━━━━━ SUPPLIED RECORDS ━━━━━

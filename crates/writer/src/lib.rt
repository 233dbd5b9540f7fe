// The layout writer: rows of nine, with their text, to the bytes of a layout.
#![tactic(auto)]

mod cells;
mod parts;
mod sections;

ghost use Rattle.writer.specs.Write.{Writes};

use refusal::Refusal;

// Writes the layout of the rows at the front of the output: how many bytes, or what refuses the rows or the output, which is about no byte.
// Tries 90 to 95, then the rules with the symbol width and the sheet, then 96. A refusal leaves the output as it was, and so are the bytes
// past the length.
pub fn write_layout(
    rows: &[u32],
    text: &[u8],
    version: u16,
    width: u16,
    sheet: &[u16; 520],
    out: &mut [u8],
) -> Result<usize, Refusal>
    ensures { Writes sheet.now width version rows.now text.now out.old out.new result }
{
    let size = rules::check_rows(rows, text, true, width, sheet, false)?;
    if out.len() < size.bytes {
        return Err(Refusal {
            number: refusal::OUTPUT_SHORT,
            place: 0,
        });
    }
    let n = sections::put_layout(out, version as usize, rows, text, size);
    Ok(n)
}
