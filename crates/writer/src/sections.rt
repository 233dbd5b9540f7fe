// Sections: the output after the two length bytes is lent to what fills the body.
ghost use Rattle.std.specs.Prelude.{◌≡◌, ◌+◌, ◌*◌, ◌≤◌, length};
ghost use Rattle.rows_check.specs.Tree.{next_section, kinds, structs_from, labels_from};
ghost use Rattle.rows_check.specs.Check.{printed_section, printed};
ghost use Rattle.rows_check.specs.Sections.{many, printed_head, printed_numbers, printed_contents, printed_body, printed_group, SectionRows, Sections};
ghost use Rattle.put.specs.Output.{RoomFor, Wrote, Filled};
ghost use Rattle.writer.specs.Write.{WroteSections};

use super::{cells, parts};
use rows_check::{Size, kinds};

// The place after what was written, and the row after what was read.
#[derive(Clone, Copy)]
struct Placed {
    at: usize,
    row: usize,
}

// The whole layout at the front of the output, with the counts of its records, structs and label defs given.
pub(crate) fn put_layout(
    out: &mut [u8],
    version: usize,
    rows: &[u32],
    text: &[u8],
    size: Size,
) -> usize
    requires counts { (size.records ≡ kinds rows.now 10) × ((size.structs ≡ kinds rows.now 13) × (size.labels ≡ kinds rows.now 14)) }
    requires sections { Sections 10 rows.now text.now 0 (kinds rows.now 10) }
    requires struct_sections { Sections 13 rows.now text.now (structs_from rows.now) (kinds rows.now 13) }
    requires label_sections { Sections 14 rows.now text.now (labels_from rows.now) (kinds rows.now 14) }
    requires text_in_bounds { length (printed version rows.now text.now) ≤ length out.old }
    ensures { Filled (printed version rows.now text.now) out.old out.new result }
{
    let a = put::put_little(out, 0, version, 2);
    let g = put_group(kinds::RECORD, out, a, rows, text, 0, size.records);
    let h = put_group(kinds::STRUCT, out, g.at, rows, text, g.row, size.structs);
    let i = put_group(kinds::LABEL_DEF, out, h.at, rows, text, h.row, size.labels);
    i.at
}

// A count and that many sections.
fn put_group(
    kind: usize,
    out: &mut [u8],
    at: usize,
    rows: &[u32],
    text: &[u8],
    q: usize,
    k: usize,
) -> Placed
    requires sections { Sections kind rows.now text.now q k }
    requires room_for { RoomFor at (printed_group kind rows.now text.now q k) out.old }
    ensures { WroteSections kind rows.now at (printed_group kind rows.now text.now q k) out.old out.new q k result.at result.row }
{
    let a = put::put_little(out, at, k, 2);
    put_sections(kind, out, a, rows, text, q, k)
}

fn put_sections(
    kind: usize,
    out: &mut [u8],
    at: usize,
    rows: &[u32],
    text: &[u8],
    q: usize,
    k: usize,
) -> Placed
    requires sections { Sections kind rows.now text.now q k }
    requires room_for { RoomFor at (many (next_section kind rows.now) (printed_section kind rows.now text.now) q k) out.old }
    ensures { WroteSections kind rows.now at (many (next_section kind rows.now) (printed_section kind rows.now text.now) q k) out.old out.new q k result.at result.row }
{
    let mut a = at;
    let mut p = q;
    for _ in 0..k {
        a = put_section(kind, out, a, rows, text, p);
        p = cells::next_row(kind, rows, p);
    }
    Placed { at: a, row: p }
}

// The section at row q: its body first, then the length before it.
fn put_section(kind: usize, out: &mut [u8], at: usize, rows: &[u32], text: &[u8], q: usize) -> usize
    requires q_in_bounds { 9 * (q + 1) ≤ length rows.now }
    requires section_rows { SectionRows kind rows.now text.now q }
    requires room_for { RoomFor at (printed_section kind rows.now text.now q) out.old }
    ensures { Wrote at (printed_section kind rows.now text.now q) out.old out.new result }
{
    let b = at + 2;
    let n = put_body(kind, &mut out[b..], rows, text, q);
    put::put_little(out, at, 2 + n, 2);
    b + n
}

// The body of the section at row q, at the front of what is lent: numbers, the name, and fields or labels.
fn put_body(kind: usize, out: &mut [u8], rows: &[u32], text: &[u8], q: usize) -> usize
    requires q_in_bounds { 9 * (q + 1) ≤ length rows.now }
    requires section_rows { SectionRows kind rows.now text.now q }
    requires room { length (printed_body kind rows.now text.now q) ≤ length out.old }
    ensures { Filled (printed_body kind rows.now text.now q) out.old out.new result }
{
    let a = put_numbers(kind, out, rows, q);
    let b = parts::put_name(out, a, rows, text, q);
    put_contents(kind, out, b, rows, text, q)
}

// What stands before the name: a record's numbers, a struct's size.
fn put_numbers(kind: usize, out: &mut [u8], rows: &[u32], q: usize) -> usize
    requires q_in_bounds { 9 * (q + 1) ≤ length rows.now }
    requires room_for { RoomFor 0 (printed_numbers kind rows.now q) out.old }
    ensures { Wrote 0 (printed_numbers kind rows.now q) out.old out.new result }
{
    if kind == kinds::RECORD {
        return put_head(out, 0, rows, q);
    }
    if kind == kinds::STRUCT {
        return put::put_little(out, 0, cells::cell_of(rows, q, 3), 2);
    }
    0
}

// What stands after the name: fields, or labels.
fn put_contents(
    kind: usize,
    out: &mut [u8],
    at: usize,
    rows: &[u32],
    text: &[u8],
    q: usize,
) -> usize
    requires q_in_bounds { 9 * (q + 1) ≤ length rows.now }
    requires section_rows { SectionRows kind rows.now text.now q }
    requires room_for { RoomFor at (printed_contents kind rows.now text.now q) out.old }
    ensures { Wrote at (printed_contents kind rows.now text.now q) out.old out.new result }
{
    let n = cells::count_of(kind, rows, q);
    if cells::has_fields(kind) {
        return parts::put_fields(out, at, rows, text, q + 1, n);
    }
    parts::put_labels(out, at, rows, text, q + 1, n)
}

// rtype, schema, base size, hash.
fn put_head(out: &mut [u8], at: usize, rows: &[u32], q: usize) -> usize
    requires q_in_bounds { 9 * (q + 1) ≤ length rows.now }
    requires room_for { RoomFor at (printed_head rows.now q) out.old }
    ensures { Wrote at (printed_head rows.now q) out.old out.new result }
{
    let a = put::put_little(out, at, cells::cell_of(rows, q, 3), 2);
    let b = put::put_little(out, a, cells::cell_of(rows, q, 4), 2);
    let d = put::put_little(out, b, cells::cell_of(rows, q, 5), 2);
    let hash = cells::cell_of(rows, q, 7) + 4294967296 * cells::cell_of(rows, q, 8);
    put::put_little(out, d, hash, 8)
}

━━━━━

*WHAT YOU WILL DO:* Every line that holds the string "Placed" must be copied from the records above.

*SOLUTION TO THIS EXERCISE:*
struct Placed {
) -> Placed
) -> Placed
    Placed { at: a, row: p }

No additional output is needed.